The accuracy of the CR model analysis can be affected by the opacity of Lyman series emission lines (p = 1–q), where q is the upper-state principal quantum number [14]. When the opacity is significant, the reabsorption of Lyman series emission lines increases the excited hydrogen atom density, and ignoring the effect results in the overestimation of $n_{\mathrm{H}}\left(R\right)$. Since the present CR model analysis is mainly affected by the L_ε line (p = 1–6) and the secondary effect, namely, the increase in $n_{\mathrm{H},6}\left(R\right)$ owing to the absorption of the other Lyman series emission lines, is small [14,15], we evaluated the effect of the opacity by calculating the optical depth of the L_ε line at its line center [16] under the assumption of a uniform plasma as follows:

$$\tau =\frac{e^2}{4m_{\mathrm{e}}{ϵ}_0}\sqrt{\frac{m_{\mathrm{H}}}{2\pi k_{\mathrm{B}}{T}_{\mathrm{H}}}}\frac{f_{16}}{{\nu }_{16}}{n}_{\mathrm{H}}L,$$

(6)

where e is the elementary charge, ε₀ is the vacuum permittivity, k_B is the Boltzmann constant, m_e is the electron mass, m_H is the hydrogen atom mass, f₁₆ (=7.8035 × 10⁻³) and ν₁₆(=3.1967 × 10¹⁵ Hz) are the absorption oscillator strength and transition frequency, respectively, n_H is the density of ground-state atoms, and L is the absorption length. We assumed an identical temperature T_H for the excited and ground-state atoms. Assuming T_H = 300 K, n_H = 1 × 10¹⁶ m⁻³, and L = 2 m gives the upper limit of the optical depth τ as 1.5 × 10⁻². The reabsorption with an optical depth of this magnitude is negligible in the CR model analysis.

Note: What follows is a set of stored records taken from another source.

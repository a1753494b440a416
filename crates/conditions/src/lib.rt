// A drained condition: every row in which it stands takes its weight and is run (`threshold_condition` of propagate.rs).
#![tactic(auto)]

ghost use Rattle.std.specs.Prelude.{◌≡◌, ◌-◌, ◌<◌, length, get_or};
ghost use Rattle.state.specs.State.{no_state, drained};
ghost use Rattle.row_moves.specs.Between.{Index, did, with_state, run_with, threshold_condition};
ghost use Rattle.row_moves.specs.Numbers.{states_of};
ghost use Rattle.row_moves.specs.Lent.{held_of, live_in, TidyIn, SameLent};
ghost use Rattle.memory.specs.Ranges.{figure_limit, room_limit, weight_limit, drain_limit};
ghost use Rattle.row_moves.specs.Held.{held_row, Shaped, EdgesShaped, Holds, HoldsEdges};
ghost use Rattle.row_moves.specs.Ready.{ReadyLive};

use row_moves::{Built, HeldRows, Live};
use state::Step;

// One row of a drained condition: the weight is drained, and the row run.
fn drain_edge(held: HeldRows<'_>, live: &mut Live<'_>, row: usize, weight: u64, value: bool) -> Step
    requires shaped { Shaped (held_of held) × (row < length held.rows.now) × (weight < weight_limit) }
    requires ready_live { ReadyLive (held_of held) (figure_limit - drain_limit) (live_in live.old) }
    ensures ran { (did (live_in live.new) result ≡ run_with (held_row (held_of held.entry) row) (with_state (live_in live.old) row
        (drained value weight (get_or (states_of live.old.figures.now live.old.cursors.now) row no_state))) row)
        × (TidyIn live.old → TidyIn live.new) }
    ensures lent { SameLent live.old live.new }
{
    let state = live.state(row);
    let next = state.drained(value, weight);
    row_moves::store_sums(live.figures, row, next.known, next.possible);
    live.run(held, row)
}

// `threshold_condition`: a drained node tells the rows in which it stands, in order, up to a contradiction. An edge is a row and its weight.
pub fn threshold_condition(built: Built<'_>, live: &mut Live<'_>, node: usize) -> Step
    requires shaped { Shaped (held_of built.held) × EdgesShaped (held_of built.held) built.nodes.now built.edges.now
        × (node < length built.nodes.now) × (node < 4096) }
    requires ready_live { ReadyLive (held_of built.held) room_limit (live_in live.old) }
    ensures ran { ((x : Index) → Holds x (held_of built.entry.held) → HoldsEdges x built.entry.nodes.now built.entry.edges.now
        → did (live_in live.new) result ≡ threshold_condition x (live_in live.old) node)
        × (TidyIn live.old → TidyIn live.new) }
    ensures lent { SameLent live.old live.new }
{
    let sure = &mut *live.sure;
    let value = words::bit(sure, node);
    let start = rows::edges_start(built.nodes, node);
    let end = rows::edges_end(built.nodes, node);
    let mut so_far = Step::Unchanged;
    for &[row, weight] in &built.edges[start..end] {
        let step = drain_edge(built.held, live, row as usize, weight, value);
        let contradicts = step.contradicts();
        let stops = contradicts;
        if stops {
            return step;
        }
        so_far = so_far.join(step);
    }
    so_far
}
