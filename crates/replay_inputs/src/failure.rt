// What ends a program before its last line.
ghost use Rattle.std.specs.Prelude.{◌≡◌};
ghost use Rattle.replay_inputs.specs.Failure.{OfMemory};
ghost use Rattle.replay_inputs.specs.declared.failure.Failure.TheVariants.{Refused, Io};

use refusal::Refusal;
use std::alloc::{AllocError, AllocFailed};
use std::io;

// A call was refused, or memory or output failed.
#[derive(Drop)]
pub enum Failure {
    Refused(Refusal),
    Io(io::Error),
}

impl From<Refusal> for Failure {
    ghost from_gives = { λ r f. f ≡ Refused r };

    fn from(r: Refusal) -> Failure {
        Failure::Refused(r)
    }
}

impl From<io::Error> for Failure {
    ghost from_gives = { λ e f. f ≡ Io e };

    fn from(e: io::Error) -> Failure {
        Failure::Io(e)
    }
}

impl From<AllocError> for Failure {
    ghost from_gives = { λ _ f. OfMemory f };

    fn from(e: AllocError) -> Failure {
        Failure::Io(io::Error::from(e))
    }
}

impl<T: Drop> From<AllocFailed<T>> for Failure {
    ghost from_gives = { λ _ f. OfMemory f };

    fn from(e: AllocFailed<T>) -> Failure {
        Failure::from(AllocError::from(e))
    }
}

#[cfg(test)]
mod tests {
    use super::*;
    use std::io::ErrorKind;

    // Whether a failure is that of memory.
    fn of_memory(f: Failure) -> bool {
        match f {
            Failure::Refused(_) => false,
            Failure::Io(x) => x.kind() == ErrorKind::OutOfMemory,
        }
    }

    #[test]
    fn what_ended_a_program(rt: HostRuntime) {
        let refused = Failure::from(Refusal::Buffer);
        assert!(rt; matches!(refused, Failure::Refused(Refusal::Buffer)));
        let unwritten = Failure::from(io::Error::from(ErrorKind::BrokenPipe));
        assert!(rt; matches!(unwritten, Failure::Io(_)));
        assert!(rt; of_memory(Failure::from(AllocError)));
        assert!(rt; of_memory(Failure::from(AllocFailed { value: 1u8 })));
    }
}
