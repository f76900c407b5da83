// What is sent, over lent memory: a heap's, or a program's own arrays, where it takes nothing from the heap.
ghost use Rattle.std.specs.Prelude.{◌≡◌, ◌*◌, ◌<◌, ◌≤◌, length, IfOk};
ghost use Rattle.refusal.specs.Outcome.{answered};
ghost use Rattle.level.specs.Layout.{chosen};
ghost use Rattle.level.specs.Rows.{IsLayout};
ghost use Rattle.carrier_rows.specs.Symbols.{sending};
ghost use Rattle.psk.specs.Send.{Modulated};
ghost use Rattle.replay_inputs.specs.Table.{row_numbers};

use crate::generator::Generator;
use crate::tables;
use complex::Complex;
use level::Layout;
use refusal::Refusal;

// How many samples late a signal is.
const LEAD: usize = 700;

// A layout and its tables.
#[derive(Clone, Copy)]
pub struct LentTables<'a> {
    pub layout: Layout,
    pub book: &'a [f64],
    pub markers: &'a [u16],
    pub phasors: &'a [f64],
    ghost is_layout: { IsLayout layout },
}

impl<'a> LentTables<'a> {
    // Sends frames of drawn bits: the payload and draws are filled one after the other from the generator.
    pub fn send(
        &self,
        frames: usize,
        generator: &mut Generator,
        payload: &mut [u8],
        draws: &mut [u8],
        rows: &mut [f64],
    ) -> Result<(), Refusal>
        requires { frames ≤ 4 }
        ensures { Modulated self.now.layout.bandwidth self.now.layout.rec (sending self.now.markers.now
            self.now.phasors.now frames payload.new draws.new) rows.old rows.new result }
    {
        let l = self.layout;
        generator.fill(2, payload);
        generator.fill(if l.bps == 1 { 2 } else { 4 }, draws);
        psk::modulate(
            l.bandwidth,
            l.rec,
            self.markers,
            self.phasors,
            frames as u32,
            payload,
            draws,
            rows,
        )
    }
}

// What is sent, by which tables, and the generator after its draws.
#[derive(Clone, Copy)]
pub struct LentSending<'a> {
    pub tables: LentTables<'a>,
    pub frames: usize,
    pub rows: &'a [f64],
    pub generator: Generator,
    ghost book_len: { length tables.book.now ≡ 6000 },
    ghost frames_most: { frames ≤ 4 },
    ghost rows_len: { length rows.now ≡ row_numbers tables.layout frames },
}

impl<'a> LentSending<'a> {
    // What carrier c brings to sample n: its row's symbol for 32 samples each, the lead and its stagger late, turned
    // to the carrier.
    fn carrier_part(&self, c: usize, n: usize) -> Complex
        requires { c < self.now.tables.layout.nc }
    {
        let l = self.tables.layout;
        let from = LEAD + l.stagger(c) as usize;
        let len = l.row_len(self.frames);
        if n < from || len <= (n - from) / 32 {
            return complex::zero();
        }
        let turn = l.carrier_hz(c) * (n % 3000) as u64 % 3000;
        let w = complex::get(self.tables.book, turn as usize).conj();
        complex::get(self.rows, c * len + (n - from) / 32) * w
    }

    // Sample n with no noise: the carriers' parts in order.
    pub fn sample(&self, n: usize) -> Complex {
        let mut z = complex::zero();
        for c in 0..self.tables.layout.nc {
            z = z + self.carrier_part(c, n);
        }
        z
    }

    // As many samples as there is room for, two numbers each, with noise on each number.
    pub fn noisy(&self, out: &mut [f64]) {
        for n in 0..out.len() / 2 {
            complex::put(out, n, self.sample(n));
        }
        let mut generator = self.generator;
        generator.add_noise(out);
    }
}

// Memory for what is sent: of each at least what the layout and the frames ask.
pub struct Room<'a> {
    pub book: &'a mut [f64],
    pub markers: &'a mut [u16],
    pub phasors: &'a mut [f64],
    pub payload: &'a mut [u8],
    pub draws: &'a mut [u8],
    pub rows: &'a mut [f64],
}

// The first n of a memory's numbers; refused where it has fewer.
pub fn first<'a, T>(memory: &'a mut [T], n: usize) -> Result<&'a mut [T], Refusal>
    ensures { IfOk result (λ part. length part.now ≡ n) }
{
    if memory.len() < n {
        return Err(Refusal::Buffer);
    }
    Ok(&mut memory[..n])
}

impl<'a> Room<'a> {
    // Frames in the layout of a bandwidth and a record, from seed 1 on: the tables, payload and draws one after the
    // other. Too little memory is refused.
    pub fn send(self, bandwidth: u32, rec: u32, frames: usize) -> Result<LentSending<'a>, Refusal>
        requires { frames ≤ 4 }
        ensures { IfOk result (λ s. (chosen bandwidth rec ≡ answered s.tables.layout) × (s.frames ≡ frames)) }
    {
        let Room {
            book,
            markers,
            phasors,
            payload,
            draws,
            rows,
        } = self;
        let l = level::choose(bandwidth, rec)?;
        let book = first(book, 6000)?;
        let markers = first(markers, tables::entries(l))?;
        let phasors = first(phasors, 2 * (l.nc * l.nsym))?;
        let payload = first(payload, frames * l.n)?;
        let draws = first(draws, l.nc * (8 + frames))?;
        let rows = first(rows, tables::row_numbers(l, frames))?;
        let mut generator = Generator { state: 1 };
        tables::draw(l, &mut generator, book, markers, phasors);
        let tables = LentTables {
            layout: l,
            book,
            markers,
            phasors,
        };
        tables.send(frames, &mut generator, payload, draws, rows)?;
        Ok(LentSending {
            tables,
            frames,
            rows,
            generator,
        })
    }
}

Finally, as a measure of the effect of atoms on the plasma, we evaluated the degree of ionization (DOI). The DOI is defined as $n_{{\mathrm{H}}^{+}}/\left(n_{{\mathrm{H}}^{+}}+n_{\mathrm{H}}+n_{{\mathrm{H}}_2}\right)$ and we approximated it to $n_{\mathrm{e}}/\left(n_{\mathrm{e}}+n_{\mathrm{H}}\right)$ on the basis of the above-mentioned assumptions, where we used the interpolated curve of $n_{\mathrm{e}}$ in Figure 5a. The evaluated DOI shown in Figure 5b reached nearly unity over the entire core region, suggesting that the effect of atoms on the core plasma is small. The DOI, however, decreased in the SOL region and this could induce the momentum loss of the ions trapped in orbits that intersect the LCFS.

4. Conclusions

In this study, in order to evaluate the ion momentum loss and transport through the charge-exchange reactions in a QUEST plasma sustained only with 28 GHz ECH, we measured the radial distribution of the hydrogen atom density. The obtained density was of the order of 10¹⁵–10¹⁶ m⁻³, and considering the fact that it is less than the hydrogen molecule density evaluated at the vacuum chamber wall and the observed tendency of a monotonic decrease toward the ECH resonance layer, the result is plausible. However, the effect of the violation of the assumed toroidally symmetric emission should be addressed to further improve the reliability of the result. The DOI evaluated using the atom density and $n_{\mathrm{e}}$ measured by Thomson scattering suggested that the effect of atoms is small in the core region.